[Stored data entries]
□ □ □ □ □ □ □
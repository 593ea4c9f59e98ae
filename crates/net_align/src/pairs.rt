//! The pairs of circuits that are compared.
ghost use Rattle.std.specs.Prelude.{◌≡◌, IfOk, length, slice_index_or, false};
ghost use Rattle.net_align.specs.Paired.{ArePairsBelow, are_compared, compared_partner};

use list_base::number;
use std::alloc::{AllocError, Global};

/// The circuits of the layout and of the schematic that are compared, by the numbers of the pairs.
#[derive(Drop)]
pub struct Pairs {
    pub lefts: Vec<u32>,
    pub rights: Vec<u32>,
}

/// For each side, which circuits are called from its top, and which have devices.
#[derive(Clone, Copy)]
pub struct Marks<'a> {
    pub left_reached: &'a [bool],
    pub left_holds: &'a [bool],
    pub right_reached: &'a [bool],
    pub right_holds: &'a [bool],
}

/// The pairs of partners that are called from the tops and are the tops or have devices, in the
/// order of the layout's circuits. `of` has the partner of each. Linear.
pub fn find_pairs(
    alloc: Global,
    of: &[Option<usize>],
    top: usize,
    marks: &Marks<'_>,
) -> Result<Pairs, AllocError>
    ensures { IfOk result (λ pairs. ArePairsBelow of.now
        (are_compared top marks.now.left_reached.now marks.now.left_holds.now
        marks.now.right_reached.now marks.now.right_holds.now)
        (length of.now) pairs.lefts.items pairs.rights.items) }
{
    let mut lefts = Vec::new(alloc);
    let mut rights = Vec::new(alloc);
    for a in 0..of.len() {
        if let Some(b) = compared_partner(top, marks, a, of[a]) {
            lefts.push(number(a)?)?;
            rights.push(number(b)?)?;
        }
    }
    Ok(Pairs { lefts, rights })
}

fn compared_partner(top: usize, marks: &Marks<'_>, a: usize, of: Option<usize>) -> Option<usize>
    ensures { result ≡ compared_partner
        (are_compared top marks.now.left_reached.now marks.now.left_holds.now
        marks.now.right_reached.now marks.now.right_holds.now) a of }
{
    match of {
        None => None,
        Some(b) => {
            if are_compared(top, marks, a, b) {
                Some(b)
            } else {
                None
            }
        }
    }
}

fn are_compared(top: usize, marks: &Marks<'_>, a: usize, b: usize) -> bool
    ensures { result ≡ are_compared top marks.now.left_reached.now marks.now.left_holds.now
        marks.now.right_reached.now marks.now.right_holds.now a b }
{
    is_set(marks.left_reached, a)
        && is_set(marks.right_reached, b)
        && (a == top || (is_set(marks.left_holds, a) && is_set(marks.right_holds, b)))
}

fn is_set(marks: &[bool], c: usize) -> bool
    ensures { result ≡ slice_index_or marks.now c false }
{
    match marks.get(c) {
        Some(mark) => *mark,
        None => false,
    }
}
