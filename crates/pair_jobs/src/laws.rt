//! What the answers of all pairs say.
ghost use Rattle.pair_jobs.specs.Answers.{CarriedPairLaw, KeptPairLaw, MatchedPairsLaw};
ghost use Rattle.pair_jobs.specs.Answers.{MatchedTopsLaw, ResultsLaw, UnevenPairLaw};
ghost use Rattle.pair_jobs.specs.Verdict.{OneRunVerdictLaw, OneVerdictLaw, UndecidedPairLaw};

/// Right results of all jobs are the answers of all pairs. Where each is a match, the circuits of
/// each pair, the two tops among them, expand to the same. A match carries a correspondence, a pair
/// that has a correspondence never differs, and one with unequal counts always does.
pub fn pair_answers()
    ensures results { ResultsLaw }
    ensures pairs { MatchedPairsLaw }
    ensures tops { MatchedTopsLaw }
    ensures carried { CarriedPairLaw }
    ensures kept { KeptPairLaw }
    ensures uneven { UnevenPairLaw }
{}

/// There is one verdict of the answers, and one of a run. That of the answers is undecided exactly
/// where no pair differs and one is undecided.
pub fn verdicts()
    ensures one { OneVerdictLaw }
    ensures one_run { OneRunVerdictLaw }
    ensures undecided { UndecidedPairLaw }
{}
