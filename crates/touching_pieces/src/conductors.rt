//! Pieces of several conductors, some of which are joined.

ghost use Rattle.std.specs.Prelude.{◌≡◌, ◌≢◌, OnOk, IfOk};
ghost use Rattle.touching_pieces.specs.Pairs.{AddsChains, AreInTouch, AreInTouchOf, AreLinksOf};
ghost use Rattle.touching_pieces.specs.Pairs.{AreOf, of_conductor};

use crate::pairs::{own_chains, touching_chains};
use crate::pieces::Piece;
use link_classes::Link;
use std::alloc::{AllocError, Global};

/// Two conductors whose touching pieces are joined.
#[derive(Clone, Copy, Debug, PartialEq, Eq)]
pub struct Joined {
    pub first: u32,
    pub second: u32,
}

fn of_conductor(alloc: Global, pieces: &[Piece], conductor: u32) -> Result<Vec<Piece>, AllocError>
    ensures { IfOk result (λ v. v.items ≡ of_conductor conductor pieces.now) }
{
    pieces
        .iter()
        .filter(|p| p.conductor == conductor)
        .copied()
        .collect(alloc)
}

// Links the pieces of a conductor with those that the line joins to it.
fn link_line(
    alloc: Global,
    own: &[Piece],
    pieces: &[Piece],
    conductor: u32,
    line: &Joined,
    out: &mut Vec<Link>,
) -> Result<(), AllocError>
    requires { own.now ≡ of_conductor conductor pieces.now }
    ensures line { OnOk result (line.now.first ≡ conductor
        → AddsChains (AreInTouch (of_conductor conductor pieces.now)
        (of_conductor line.now.second pieces.now)) out.old.items out.new.items) }
    ensures other { OnOk result (line.now.first ≢ conductor → out.new.items ≡ out.old.items) }
{
    if line.first != conductor {
        return Ok(());
    }
    let others = of_conductor(alloc, pieces, line.second)?;
    touching_chains(alloc, own, &others, out)?;
    Ok(())
}

// Links the pieces of one conductor with each other, and with those of the conductors that lines
// join to it.
fn link_conductor(
    alloc: Global,
    pieces: &[Piece],
    conductor: u32,
    joins: &[Joined],
    out: &mut Vec<Link>,
) -> Result<(), AllocError>
    ensures { OnOk result (AddsChains (AreInTouchOf joins.now pieces.now conductor) out.old.items
        out.new.items) }
{
    let own = of_conductor(alloc, pieces, conductor)?;
    if own.is_empty() {
        return Ok(());
    }
    own_chains(alloc, &own, out)?;
    for join in joins {
        link_line(alloc, &own, pieces, conductor, join, out)?;
    }
    Ok(())
}

/// Links whose chains join each two items that have touching pieces of one conductor or of two that
/// a line joins. Each link is of two such items.
///
/// Takes a pass over the pieces for each conductor, and for each line from one that has pieces,
/// beside what `touching_chains` takes. One piece by itself costs nothing.
pub fn touching_links(
    alloc: Global,
    pieces: &[Piece],
    conductors: u32,
    joins: &[Joined],
) -> Result<Vec<Link>, AllocError>
    requires { AreOf conductors pieces.now }
    ensures { IfOk result (λ v. AreLinksOf joins.now pieces.now v.items) }
{
    let mut out = Vec::new(alloc);
    if pieces.len() < 2 {
        return Ok(out);
    }
    for conductor in 0..conductors {
        link_conductor(alloc, pieces, conductor, joins, &mut out)?;
    }
    Ok(out)
}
□ □ □ □ □ □ □
Look through the lines above and collect those with the word "others".

▶ [Task result]
    let others = of_conductor(alloc, pieces, line.second)?;
    touching_chains(alloc, own, &others, out)?;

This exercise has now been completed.